I suggest if you do have a go at whistle training, use a hunting whistle and not a sports or balled whistle as these are not as sharp as a hunting whistle and not quite as 'serious' sounding to a dogs ear


----------



## sarpoodle (Dec 26, 2011)

Leooonie said:


> I trained Harley to recall and 'drop' (sit at distance) on whistle command... Ive found it has been vital as he is a bit of a wanderer and ignores voices, but the whistle is a consistance sound and so he knows it means business...
> It has been especially life-saving thr last few months as I have been ill and not able to speak loudly or very firmly on occasion whereas with the whistle I just peep on it and he'll do what I ask without me straining.
> 
> I suggest if you do have a go at whistle training, use a hunting whistle and not a sports or balled whistle as these are not as sharp as a hunting whistle and not quite as 'serious' sounding to a dogs ear


Totally agree about whistles. I teach all of my dogs recall with a combined hand signal, whistle and voice command. I have the advantage of being able to whistle very loudly and consistently with my mouth, so don't require a mechanical device for recall. All of them know that my whistle means drop what you're doing and come. Every now and then, my wife will come into my office at night, frustrated that one of the dogs has decided to go exploring after being let out to go potty. She'll spend forever calling for it, before finally giving up. I go out to the front yard, whistle once, and about 6 seconds later, there the dog is smiling and wagging its tail. You can almost see the steam coming off of my wife's head, lol.

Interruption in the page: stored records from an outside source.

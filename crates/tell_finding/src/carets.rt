// A line with a caret below it.
use crate::chars::char_place;
use tell_mend::{Reader, cut};

// How many characters of a line are shown.
const SHOWN: usize = 120;

/// Appends the characters after the first `hidden`, at most `SHOWN`, with `..` for those left out.
pub fn put_shown(reader: &mut Reader, out: &mut Vec<u8>, text: &[u8], hidden: usize) {
    let (_, rest) = cut(text, char_place(text, hidden));
    let (shown, more) = cut(rest, char_place(rest, SHOWN));
    if hidden > 0 {
        reader.put(out, b"..");
    }
    reader.put(out, shown);
    if !more.is_empty() {
        reader.put(out, b"..");
    }
}

// Appends a blank for each shown character before the place `end`, and a tab for each tab.
fn put_below(reader: &mut Reader, out: &mut Vec<u8>, text: &str, hidden: usize, end: usize) {
    let mut place: usize = 0;
    if hidden > 0 {
        reader.put(out, b"  ");
    }
    for c in text.chars() {
        if place >= hidden && place < end {
            reader.put(out, if c == '\t' { b"\t" } else { b" " });
        }
        place = place.saturating_add(1);
    }
}

/// Appends the line, and below it a caret in this column, followed by `~` up to this width. Of a line with
/// more than 120 characters only a part is shown.
pub fn put_caret(reader: &mut Reader, out: &mut Vec<u8>, text: &str, column: usize, width: usize) {
    let hidden = if column < SHOWN {
        0
    } else {
        column.saturating_sub(60)
    };
    reader.put(out, b"    ");
    put_shown(reader, out, text.as_bytes(), hidden);
    reader.put(out, b"\n    ");
    put_below(reader, out, text, hidden, column.saturating_sub(1));
    reader.put(out, b"^");
    for _ in 1..width.min(SHOWN) {
        reader.put(out, b"~");
    }
    reader.put(out, b"\n");
}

I also use an Acme Silent Dog Whistle for marking when training other behaviors. I favor this over a clicker because it too can be heard at a good distance, and allows me to have both hands free for other things. You can hold this silent whistle in your mouth comfortably by putting a 2" piece of clear plastic, aquarium tubing on the end of it. Here is the one I purchased recently off of Amazon for those interested:






This particular, silent whistle is a bit pricey, but worth it.

Greg


----------



## bigpoodleperson (Jul 14, 2009)

I have taught both of my dogs to come to a whistle. I dont have a whistle, I just whistle (that way I never loose one! LOL). They both know the come command, and a hand command. The whistle is the most easy though, and I use it alot when out in the yard or off leash and I want the dog to follow me. Love it!


----------



## Milliekins (Mar 31, 2012)

Thanks everyone  



Leooonie said:


> I suggest if you do have a go at whistle training, use a hunting whistle and not a sports or balled whistle as these are not as sharp as a hunting whistle and not quite as 'serious' sounding to a dogs ear


I'm not sure what a hunting whistle is and where to get one? I've seen some "working dogs" whistles: 

Acme 210.5 Working Dog Whistle: Amazon.co.uk: Pet Supplies






(2 different frequencies - not sure how you choose what frequency whistle!)

I've been watching a couple of videos on youtube about training dogs with whistles and it looks great. I hope to achieve that level of training and obedience with Millie, some day!


----------



## sarpoodle (Dec 26, 2011)

Milliekins said:


> Thanks everyone
> I'm not sure what a hunting whistle is and where to get one? I've seen some "working dogs" whistles:
> 
> Acme 210.5 Working Dog Whistle: Amazon.co.uk: Pet Supplies
> ...


A hunting whistle doesn't have a pea in it, so the pitch is constant. That's the key. Since you're in the UK, the Acme whistles are probably drop dead simple for you to locate in stores. Here is an example of a hunting whistle a lot of my teammates use with their dogs for Urban Search and Rescue. Since these dogs are working at a distance from the handler, and surrounded by a lot of noise, these come in handy. I can tell you, this whistle is loud to the dogs ears.

Roy Gonia Mega Whistle Black

Greg


----------